# Craft Beer Bars/Bottle Shops Sydney CBD



## stewy (5/6/16)

Will be staying at Radison Blu on O'Connell tomorrow for a couple of nights. Anything decent within walking distance, either bar or bottlo?


----------



## barls (5/6/16)

yeah there are a few bars and such.
there the sg or spooning goats
king street brewery 
beer deluxe.
harts
frankies

all with in a short walk.


----------



## peteru (6/6/16)

Red Oak might be worth a visit if you want to keep out of the rain and try some of their brews that are not available in bottles.

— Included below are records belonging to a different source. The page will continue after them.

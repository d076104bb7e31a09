//! An area of a page whose dots are known to have one ink.

ghost use Rattle.std.specs.Prelude.{◌≡◌, ◌-◌, ◌≤◌, ◌⊎◌, IsTrue};
ghost use Rattle.pcl_bitmap.specs.declared.ink.Ink.TheVariants as inks;

use crate::Ink;
use crate::area::Area;

/// An area and the ink of all its dots.
#[derive(Clone, Copy, Debug)]
pub struct Filled {
    pub area: Area,
    pub ink: Ink,
}

impl Filled {
    /// An area without dots.
    pub fn nothing() -> Filled
        ensures { result.area.width ≡ 0 }
    {
        Filled {
            area: Area {
                x: 0,
                y: 0,
                width: 0,
                height: 0,
            },
            ink: Ink::White,
        }
    }

    /// Whether an area is within this one, and is to have its ink.
    pub fn has(self, area: Area, ink: Ink) -> bool
        ensures { IsTrue result → (self.ink ≡ ink) × (self.area.x ≤ area.x) × (self.area.y ≤ area.y)
            × (area.width ≤ self.area.width - (area.x - self.area.x)) × (area.height ≤ self.area.height - (area.y - self.area.y)) }
    {
        if self.ink != ink || area.x < self.area.x || area.y < self.area.y {
            return false;
        }
        let right = area.x - self.area.x;
        let down = area.y - self.area.y;
        area.width <= self.area.width.saturating_sub(right)
            && area.height <= self.area.height.saturating_sub(down)
    }

    /// What is known to have its ink after dots were painted black anywhere.
    pub fn under_black(self) -> Filled
        ensures { (result.area.width ≡ 0) ⊎ ((self.ink ≡ inks.Black) × (result ≡ self)) }
    {
        match self.ink {
            Ink::Black => self,
            Ink::White => Filled::nothing(),
        }
    }
}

Heritage Belgian Beer Cafe used to be good because you could get great food with interesting beer. Last time I went was January and it wasn't as great as it used to be in the hey-day, but still decent enough. Food was still good, but the menu (both food and beer) has shrunk. I talked to the boss and he was planning on asking his distributors to get him more stuff. He also contemplated importing some stuff directly. Haven't been back in the last 6 months to see if things have changed.

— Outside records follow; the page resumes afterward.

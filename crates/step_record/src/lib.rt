// The step in a record of eight bytes, taken, and what a step answers as words.
#![tactic(auto)]

ghost use Rattle.std.specs.Prelude.{◌≡◌, ◌∷◌, [], drop};
ghost use Rattle.rules.specs.State.{mainframe};
ghost use Rattle.layout.specs.Areas.{state_in};
ghost use Rattle.engine.specs.inner.Needed.{SteppedKept};
ghost use Rattle.step_fields.specs.Records.{step_from};
ghost use Rattle.step_act.specs.Telling.{told};
ghost use Rattle.step_record.specs.Answers.{answer_words};
ghost use Rattle.step_record.specs.inner.Needed.{StepThere};

use limits::ANSWER_WIDTH;
use step_act::Outcome;
use step_fields::Step;

// The step in the record from a place on, taken on memory that is in order, with an index that is kept.
pub fn step_record(
    bytes: &[u8],
    at: usize,
    clocks: &mut [u8],
    words: &mut [u32],
    records: &mut [u8],
    marks: &mut [u8],
    index: &mut [u32],
) -> Outcome
    requires { StepThere bytes.now at clocks.old words.old records.old marks.old index.old }
    ensures { SteppedKept (state_in mainframe clocks.old words.old records.old marks.old) (step_from (drop at bytes.now)) result clocks.new words.new records.new marks.new index.new }
{
    let step = Step::in_record(bytes, at);
    engine::step_on(step, clocks, words, records, marks, index)
}

// What a step answers, as four words: refusal, value, count and words.
#[tactic(auto, using(crate::proofs::Answering::answer_laws))]
pub fn answer_words(outcome: Outcome) -> [u32; ANSWER_WIDTH]
    ensures { result ≡ answer_words (told outcome ∷ []) }
{
    match outcome {
        Ok(answered) => [0, answered.value, answered.count, answered.words],
        Err(refusal) => [u32::from(refusal.number()), 0, 0, 0],
    }
}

Harts pub is good, but they tend to close early during the week, especially if it's quiet, which, given the weather, is very likely.

There's also the Oak Barrel, if you want to bring a few bottles back to your pad.


----------



## tugger (6/6/16)

Or if Newtown isn't too far you could call in to young Henry's. 
Great beer and rotating food trucks.


----------



## BrewedCrudeandBitter (6/6/16)

Or you could duck down to Surry Hills *shameless self promotion*

http://craftypint.com/news/1246/Crafty_Crawls_Surry_Hills


----------



## manticle (23/7/16)

Down near Broadway and Lee in a couple of weeks.

Recommendations for walking distance beer and decent food establishments super welcome.
Single malt whisky also on the cards.


----------



## gap (23/7/16)

Royal Albert Hotel in Reservoir Street near Elizabeth Street.
Small pub with good beer , including hand pump, and good food.
A bit further across Darling Harbour is Quarryman 216 Harris St, Pyrmont
Harts  Essex St, The Rocks

There are more


----------



## Reman (23/7/16)

Near Broadway is Staves, otherwise there is plenty on King St that aren't too far. Otherwise it's Surry Hills with Royal Albert, Keg and Brew, Dove and Olive, Local Taphouse.


----------



## manticle (19/8/16)

Here at harts after a small job in kirribilli.
Had a pint of porter. Food looks good and I'd love to get into it but there is absolutely no room to sit.
Might sneak in one more standing at the bar then find somewhere else before heading to mca.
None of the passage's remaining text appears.